▶ _Task_
Repeat word for word the opening stretch of the entries, from the first line through the line containing "export has first.".

[Records contained in a dataset]
● ● ●

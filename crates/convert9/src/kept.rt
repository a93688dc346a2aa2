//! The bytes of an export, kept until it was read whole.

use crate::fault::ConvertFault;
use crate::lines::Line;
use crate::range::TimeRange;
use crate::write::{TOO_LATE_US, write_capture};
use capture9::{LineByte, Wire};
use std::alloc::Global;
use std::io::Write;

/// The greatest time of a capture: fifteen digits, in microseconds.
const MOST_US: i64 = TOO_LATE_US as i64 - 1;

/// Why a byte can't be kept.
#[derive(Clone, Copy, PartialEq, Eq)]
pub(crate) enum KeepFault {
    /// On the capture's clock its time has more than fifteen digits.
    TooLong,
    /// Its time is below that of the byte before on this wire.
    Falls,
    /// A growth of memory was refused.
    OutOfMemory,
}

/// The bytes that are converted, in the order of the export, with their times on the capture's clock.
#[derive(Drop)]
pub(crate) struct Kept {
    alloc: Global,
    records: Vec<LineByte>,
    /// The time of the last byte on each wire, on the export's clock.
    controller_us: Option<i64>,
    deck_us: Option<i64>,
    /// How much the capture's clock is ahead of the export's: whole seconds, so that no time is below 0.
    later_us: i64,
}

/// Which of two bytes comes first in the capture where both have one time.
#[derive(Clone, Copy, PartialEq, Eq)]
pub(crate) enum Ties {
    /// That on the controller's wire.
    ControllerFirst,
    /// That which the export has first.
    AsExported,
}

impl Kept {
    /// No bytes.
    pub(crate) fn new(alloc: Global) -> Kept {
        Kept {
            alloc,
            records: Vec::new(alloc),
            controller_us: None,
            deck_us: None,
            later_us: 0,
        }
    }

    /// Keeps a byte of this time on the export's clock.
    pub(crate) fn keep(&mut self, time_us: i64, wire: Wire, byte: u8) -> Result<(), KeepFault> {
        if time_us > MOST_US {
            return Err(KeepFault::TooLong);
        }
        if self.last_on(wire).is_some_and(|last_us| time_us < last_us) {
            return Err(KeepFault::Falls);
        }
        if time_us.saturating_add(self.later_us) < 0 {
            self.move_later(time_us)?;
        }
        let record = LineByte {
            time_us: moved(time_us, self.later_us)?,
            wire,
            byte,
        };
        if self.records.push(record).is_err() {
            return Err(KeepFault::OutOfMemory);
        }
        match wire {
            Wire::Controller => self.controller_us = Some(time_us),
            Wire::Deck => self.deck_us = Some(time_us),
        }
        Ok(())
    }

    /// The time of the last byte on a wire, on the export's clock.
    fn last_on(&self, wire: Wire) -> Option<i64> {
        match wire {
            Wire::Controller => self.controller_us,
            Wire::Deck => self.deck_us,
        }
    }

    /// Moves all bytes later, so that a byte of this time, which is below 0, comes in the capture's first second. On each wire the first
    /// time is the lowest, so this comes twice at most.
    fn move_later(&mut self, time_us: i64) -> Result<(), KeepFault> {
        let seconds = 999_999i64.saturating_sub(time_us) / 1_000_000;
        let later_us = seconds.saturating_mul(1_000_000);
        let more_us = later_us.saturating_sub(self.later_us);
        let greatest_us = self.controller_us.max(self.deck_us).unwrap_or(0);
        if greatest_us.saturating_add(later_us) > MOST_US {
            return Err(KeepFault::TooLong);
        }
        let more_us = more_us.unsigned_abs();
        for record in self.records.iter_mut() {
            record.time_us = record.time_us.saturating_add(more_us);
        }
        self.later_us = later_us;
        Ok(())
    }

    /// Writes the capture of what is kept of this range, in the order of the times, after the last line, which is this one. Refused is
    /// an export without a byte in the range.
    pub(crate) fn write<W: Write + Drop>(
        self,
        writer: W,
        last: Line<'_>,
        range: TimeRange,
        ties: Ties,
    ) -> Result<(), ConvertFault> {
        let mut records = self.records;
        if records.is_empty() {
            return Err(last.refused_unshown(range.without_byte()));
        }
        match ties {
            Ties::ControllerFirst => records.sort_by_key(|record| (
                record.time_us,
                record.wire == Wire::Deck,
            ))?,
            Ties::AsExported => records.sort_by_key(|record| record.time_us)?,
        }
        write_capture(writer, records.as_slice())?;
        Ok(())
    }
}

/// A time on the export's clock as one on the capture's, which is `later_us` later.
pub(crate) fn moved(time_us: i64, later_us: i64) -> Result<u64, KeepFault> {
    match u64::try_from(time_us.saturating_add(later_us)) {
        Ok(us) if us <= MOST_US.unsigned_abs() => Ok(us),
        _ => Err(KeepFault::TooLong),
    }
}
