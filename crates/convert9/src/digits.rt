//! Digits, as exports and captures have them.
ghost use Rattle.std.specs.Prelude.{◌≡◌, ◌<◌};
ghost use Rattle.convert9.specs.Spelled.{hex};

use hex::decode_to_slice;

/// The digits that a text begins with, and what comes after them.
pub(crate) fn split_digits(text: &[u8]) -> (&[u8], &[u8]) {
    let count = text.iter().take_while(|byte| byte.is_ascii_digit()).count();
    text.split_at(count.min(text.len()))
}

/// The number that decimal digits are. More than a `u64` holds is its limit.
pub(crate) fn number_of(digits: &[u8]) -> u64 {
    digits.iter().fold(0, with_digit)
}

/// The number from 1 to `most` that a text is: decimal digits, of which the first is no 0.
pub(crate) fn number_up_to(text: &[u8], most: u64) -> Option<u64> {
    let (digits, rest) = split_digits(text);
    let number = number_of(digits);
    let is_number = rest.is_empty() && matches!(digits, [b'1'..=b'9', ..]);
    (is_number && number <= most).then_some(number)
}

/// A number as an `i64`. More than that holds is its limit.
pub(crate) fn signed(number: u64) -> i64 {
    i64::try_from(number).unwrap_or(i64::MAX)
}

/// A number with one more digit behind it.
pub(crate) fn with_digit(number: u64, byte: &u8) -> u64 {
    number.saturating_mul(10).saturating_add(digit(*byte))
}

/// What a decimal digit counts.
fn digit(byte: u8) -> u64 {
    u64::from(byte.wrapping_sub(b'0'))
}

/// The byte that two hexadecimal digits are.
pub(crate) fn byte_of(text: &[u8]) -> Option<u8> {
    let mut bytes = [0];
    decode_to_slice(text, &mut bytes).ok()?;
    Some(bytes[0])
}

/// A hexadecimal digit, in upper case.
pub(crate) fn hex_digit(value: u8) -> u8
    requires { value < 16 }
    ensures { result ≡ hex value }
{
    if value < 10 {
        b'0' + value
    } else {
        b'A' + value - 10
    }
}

● ● ●

▶ _Written answer_
filename crates/convert9/src/kept.rt
repository a93688dc346a2aa2
//! The bytes of an export, kept until it was read whole.

use crate::fault::ConvertFault;
use crate::lines::Line;
use crate::range::TimeRange;
use crate::write::{TOO_LATE_US, write_capture};
use capture9::{LineByte, Wire};
use std::alloc::Global;
use std::io::Write;

/// The greatest time of a capture: fifteen digits, in microseconds.
const MOST_US: i64 = TOO_LATE_US as i64 - 1;

/// Why a byte can't be kept.
#[derive(Clone, Copy, PartialEq, Eq)]
pub(crate) enum KeepFault {
    /// On the capture's clock its time has more than fifteen digits.
    TooLong,
    /// Its time is below that of the byte before on this wire.
    Falls,
    /// A growth of memory was refused.
    OutOfMemory,
}

/// The bytes that are converted, in the order of the export, with their times on the capture's clock.
#[derive(Drop)]
pub(crate) struct Kept {
    alloc: Global,
    records: Vec<LineByte>,
    /// The time of the last byte on each wire, on the export's clock.
    controller_us: Option<i64>,
    deck_us: Option<i64>,
    /// How much the capture's clock is ahead of the export's: whole seconds, so that no time is below 0.
    later_us: i64,
}

/// Which of two bytes comes first in the capture where both have one time.
#[derive(Clone, Copy, PartialEq, Eq)]
pub(crate) enum Ties {
    /// That on the controller's wire.
    ControllerFirst,
    /// That which the export has first.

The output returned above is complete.